# Stupid Little Kids



## Quaverion (Jul 20, 2004)

I thought it would be interesting to have a topic where we tell all of the crazy stories of our childhoods. I will start out with just one B) :

I once had this catalogue called "Archie McPhee." Anyone ever heard of it? Well, it sold crazy little toys and doodads, one of which was part of one of those old wheel-dial phones. The kind you have to turn with your finger. They were selling just the wheel part, with wires sticking out the back, so, being 7 years old, I brightly thought that I could just plug those wires into the outlet and call one of my friends, so I did.  The lights in the house dimmed and made a buzzing sound, and my hair stood on end and my fingernails were black. It was the single greatest sensation of my entire life! My mom wouldn't let me do it again though....

Okay, someone tell a story of their childhood now.


----------



## Nox (Jul 22, 2004)

...good grief!...


----------



## Quaverion (Jul 20, 2004)

no story Nox?


----------



## Nox (Jul 22, 2004)

...hhmmm...not really...or at least nothing I feel I should share...


----------



## Quaverion (Jul 20, 2004)

Come on. This thread is worthless. :angry:


----------



## Nox (Jul 22, 2004)

...tsk...don't get all grumpy...at least I'm here!


----------



## Nox (Jul 22, 2004)

...I honestly don't have much to tell...I was your typical goody-goody who didn't quite fit in...always hanging on the fringe of the popular crowd...

...I didn't smoke (both my parents smoked - turned me off completely)...I didn't drink (still don't like it, beyond enjoying white wine or the occasional rum and coke )...never did drugs...never had any desire too...never caved to peer pressure...and still don't understand why so many kids do...

...and I didn't realize how much I hated highschool until I got to University...where all of the sudden...there were lots of kids like me! All in one spot! I was in heaven!...

...see? How boring is that?


----------



## Quaverion (Jul 20, 2004)

Well, ok Nox  You are off the hook. Someone else must tell something really crazy now though.


----------



## Portamento (Dec 8, 2016)

:guitar:*This thread has been revived.*:guitar:


----------



## hpowders (Dec 23, 2013)

The originator must be 87 by now.


----------



## Johnnie Burgess (Aug 30, 2015)

And the person who started the tread has not logged on in nearly 12 years.


----------



## Portamento (Dec 8, 2016)

Interesting how the community has changed over the years. I think it's at an all-time low with me here! :devil:


----------



## Portamento (Dec 8, 2016)

So... Any memories? Pictures of stupid looking kids??


----------



## hpowders (Dec 23, 2013)

i like music said:


> So... Any memories? Pictures of stupid looking kids??

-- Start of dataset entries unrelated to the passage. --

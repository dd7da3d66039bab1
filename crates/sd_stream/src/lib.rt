//! The stream of `ckpt send`: images of checkpoints, one after the other, between two stores.
#![tactic(auto)]

mod base;
mod head;
mod item;
mod laws;
mod pieces;
mod reader;
mod records;
mod stream_error;
mod taking;
mod tally;
mod write_error;
mod writer;

pub use base::Base;
pub use item::Item;
pub use laws::{one_stream, streams_are_read};
pub use reader::StreamReader;
pub use records::MAX_FILE_LEN;
pub use stream_error::StreamError;
pub use write_error::WriteError;
pub use writer::StreamWriter;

Who knew a whole country (N Korea) would one day tremble before him!


----------



## Klassik (Mar 14, 2017)

i like music said:


> Interesting how the community has changed over the years. I think it's at an all-time low with me here! :devil:


Never fear, a Klassik erection is always near! :devil: That'll lift up everyone's feelings! Of course, some people around here really wish that spirits would rise!


----------



## Pugg (Aug 8, 2014)

Johnnie Burgess said:


> And the person who started the tread has not logged on in nearly 12 years.


Useless and pointless resurrected .


----------



## Xaltotun (Sep 3, 2010)

Ok, I'll give this one a go. I had a hobby of driving my bicycle as fast as I could, in a 90 degree angle to a ditch. What would happen is that the first wheel would go down into the ditch, and the back side of the bicycle would go suddenly up, and send me flying flying flying from my seat to the forest beyond the ditch! I did it often and never got even lightly injured! I loved this thing, even though I was old enough to know it was really stupid!


----------



## Portamento (Dec 8, 2016)

Xaltotun said:


> Ok, I'll give this one a go. I had a hobby of driving my bicycle as fast as I could, in a 90 degree angle to a ditch. What would happen is that the first wheel would go down into the ditch, and the back side of the bicycle would go suddenly up, and send me flying flying flying from my seat to the forest beyond the ditch! I did it often and never got even lightly injured! I loved this thing, even though I was old enough to know it was really stupid!


Wow, I would never have done that!


----------



## Totenfeier (Mar 11, 2016)

Occasionally, my younger brother and I would go outside in the summer and spend a fun while trying to step on bees buzzing around in the clover.


----------



## Xaltotun (Sep 3, 2010)

I was wondering, what would the mixture of milk and water taste like. But I suspected it might taste horrible, so I didn't dare taste it myself. So I tried asking my little brother - would he be interested in trying that out? He answered yes, and off we go, to the testing lab. Ok little guy, what does it taste like? Very good, he replies, he likes it. I'm taken completely by surprise, but being a nice older brother, I start mixing him large amounts of his new favourite drink. I bottled it and hid it in the fridge from the parents, and gave him the stuff from time to time, just because I was so nice.

When we were adults I once remembered this thing and asked him about it, and then he answered that he was so afraid of me that he wouldn't dare answer anything else but that he liked it, because that's what he thought I wanted to hear. Of course, he had hated it the whole time. Oh my.


----------



## Tallisman (May 7, 2017)

*R.I.P Quaverion

"Nobody answered his post"
*


----------



## Portamento (Dec 8, 2016)

Tallisman said:


> *R.I.P Quaverion
> 
> "Nobody answered his post"
> *


Imagine he logs on after 12 years and sees that his lonesome thread has reached 50 pages!


----------



## Pugg (Aug 8, 2014)

i like music said:


> Imagine he logs on after 12 years and sees that his lonesome thread has reached 50 pages!


Believe me, that's not going to happen.


----------



## Portamento (Dec 8, 2016)

Pugg said:


> Believe me, that's not going to happen.


That's why I said "imagine"


----------